BEGIN EXCERPTED RECORDS
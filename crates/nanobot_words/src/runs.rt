//! Parses the commands between a source and a target: `run` and `plan`.
ghost use Rattle.std.specs.Prelude.{ℕ, List, Option, MatchOption};
ghost use Rattle.nanobot_words.specs.Rows.{plan, run, AreOperands, IsRow, texts};
ghost use Rattle.nanobot_words.specs.declared.planner.Planner.{Planner as PlannerOf};
ghost use Rattle.nanobot_words.specs.declared.row.Round.{Round as RoundOf};
ghost use Rattle.nanobot_words.specs.Parsing.{row_of, side_of};

use crate::planner::has_name;
use crate::row::{Round, Row, Side};
use crate::several::{five, four};
use crate::word::{is_name, parse_planner, parse_side};

/// Returns the source and the target of two arguments, if the third is the name of a trace and one of the two is a named file.
fn parse_sides<'a>(source: &'a str, target: &'a str, trace: &str) -> Option<(Side<'a>, Side<'a>)>
    ensures { MatchOption result
        ((s t : Option (List ℕ)) (b : List ℕ) → AreOperands source.now target.now trace.now s t b → ⊥)
        (λ sides. AreOperands source.now target.now trace.now (side_of sides.0) (side_of sides.1) trace.now) }
{
    if !is_name(trace) {
        return None;
    }
    let first = parse_side(source);
    let second = parse_side(target);
    if !has_name(first, second) {
        return None;
    }
    Some((first, second))
}

/// Returns the source, the target and the trace after `run`.
fn parse_full(words: &[String]) -> Option<Row<'_>>
    ensures { MatchOption result
        ((s t : Option (List ℕ)) (b : List ℕ) → IsRow (texts words.now) (run Round.Full s t b) → ⊥)
        (λ row. IsRow (texts words.now) (row_of row)) }
{
    let (word, source, target, trace) = four(words)?;
    if word != "run" {
        return None;
    }
    let (source, target) = parse_sides(source, target, trace)?;
    Some(Row::Run {
        round: Round::Full,
        source,
        target,
        trace,
    })
}

/// Returns the source, the target and the trace after `run light`.
fn parse_light(words: &[String]) -> Option<Row<'_>>
    ensures { MatchOption result
        ((s t : Option (List ℕ)) (b : List ℕ) → IsRow (texts words.now) (run Round.Light s t b) → ⊥)
        (λ row. IsRow (texts words.now) (row_of row)) }
{
    let (first, second, source, target, trace) = five(words)?;
    if first != "run" {
        return None;
    }
    if second != "light" {
        return None;
    }
    let (source, target) = parse_sides(source, target, trace)?;
    Some(Row::Run {
        round: Round::Light,
        source,
        target,
        trace,
    })
}

/// Returns the round, the source, the target and the trace of a run.
pub(crate) fn parse_run(words: &[String]) -> Option<Row<'_>>
    ensures { MatchOption result
        ((round : RoundOf) (s t : Option (List ℕ)) (b : List ℕ) → IsRow (texts words.now) (run round s t b) → ⊥)
        (λ row. IsRow (texts words.now) (row_of row)) }
{
    if let Some(row) = parse_full(words) {
        return Some(row);
    }
    parse_light(words)
}

/// Returns the planner, the source, the target and the trace after `plan`.
pub(crate) fn parse_plan(words: &[String]) -> Option<Row<'_>>
    ensures { MatchOption result
        ((planner : PlannerOf) (s t : Option (List ℕ)) (b : List ℕ) → IsRow (texts words.now) (plan planner s t b) → ⊥)
        (λ row. IsRow (texts words.now) (row_of row)) }
{
    let (first, second, source, target, trace) = five(words)?;
    if first != "plan" {
        return None;
    }
    let planner = parse_planner(second)?;
    let (source, target) = parse_sides(source, target, trace)?;
    if !planner.takes(source, target) {
        return None;
    }
    Some(Row::Plan {
        planner,
        source,
        target,
        trace,
    })
}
END EXCERPTED RECORDS
Please copy out every entry exactly, with nothing omitted.

filename crates/nanobot_words/src/runs.rt
//! Parses the commands between a source and a target: `run` and `plan`.
ghost use Rattle.std.specs.Prelude.{ℕ, List, Option, MatchOption};
ghost use Rattle.nanobot_words.specs.Rows.{plan, run, AreOperands, IsRow, texts};
ghost use Rattle.nanobot_words.specs.declared.planner.Planner.{Planner as PlannerOf};
ghost use Rattle.nanobot_words.specs.declared.row.Round.{Round as RoundOf};
ghost use Rattle.nanobot_words.specs.Parsing.{row_of, side_of};

use crate::planner::has_name;
use crate::row::{Round, Row, Side};
use crate::several::{five, four};
use crate::word::{is_name, parse_planner, parse_side};

/// Returns the source and the target of two arguments, if the third is the name of a trace and one of the two is a named file.
fn parse_sides<'a>(source: &'a str, target: &'a str, trace: &str) -> Option<(Side<'a>, Side<'a>)>
    ensures { MatchOption result
        ((s t : Option (List ℕ)) (b : List ℕ) → AreOperands source.now target.now trace.now s t b → ⊥)
        (λ sides. AreOperands source.now target.now trace.now (side_of sides.0) (side_of sides.1) trace.now) }
{
    if !is_name(trace) {
        return None;
    }
    let first = parse_side(source);
    let second = parse_side(target);
    if !has_name(first, second) {
        return None;
    }
    Some((first, second))
}

/// Returns the source, the target and the trace after `run`.
fn parse_full(words: &[String]) -> Option<Row<'_>>
    ensures { MatchOption result
        ((s t : Option (List ℕ)) (b : List ℕ) → IsRow (texts words.now) (run Round.Full s t b) → ⊥)
        (λ row. IsRow (texts words.now) (row_of row)) }
{
    let (word, source, target, trace) = four(words)?;
    if word != "run" {
        return None;
    }
    let (source, target) = parse_sides(source, target, trace)?;
    Some(Row::Run {
        round: Round::Full,
        source,
        target,
        trace,
    })
}

/// Returns the source, the target and the trace after `run light`.
fn parse_light(words: &[String]) -> Option<Row<'_>>
    ensures { MatchOption result
        ((s t : Option (List ℕ)) (b : List ℕ) → IsRow (texts words.now) (run Round.Light s t b) → ⊥)
        (λ row. IsRow (texts words.now) (row_of row)) }
{
    let (first, second, source, target, trace) = five(words)?;
    if first != "run" {
        return None;
    }
    if second != "light" {
        return None;
    }
    let (source, target) = parse_sides(source, target, trace)?;
    Some(Row::Run {
        round: Round::Light,
        source,
        target,
        trace,
    })
}

/// Returns the round, the source, the target and the trace of a run.
pub(crate) fn parse_run(words: &[String]) -> Option<Row<'_>>
    ensures { MatchOption result
        ((round : RoundOf) (s t : Option (List ℕ)) (b : List ℕ) → IsRow (texts words.now) (run round s t b) → ⊥)
        (λ row. IsRow (texts words.now) (row_of row)) }
{
    if let Some(row) = parse_full(words) {
        return Some(row);
    }
    parse_light(words)
}

/// Returns the planner, the source, the target and the trace after `plan`.
pub(crate) fn parse_plan(words: &[String]) -> Option<Row<'_>>
    ensures { MatchOption result
        ((planner : PlannerOf) (s t : Option (List ℕ)) (b : List ℕ) → IsRow (texts words.now) (plan planner s t b) → ⊥)
        (λ row. IsRow (texts words.now) (row_of row)) }
{
    let (first, second, source, target, trace) = five(words)?;
    if first != "plan" {
        return None;
    }
    let planner = parse_planner(second)?;
    let (source, target) = parse_sides(source, target, trace)?;
    if !planner.takes(source, target) {
        return None;
    }
    Some(Row::Plan {
        planner,
        source,
        target,
        trace,
    })
}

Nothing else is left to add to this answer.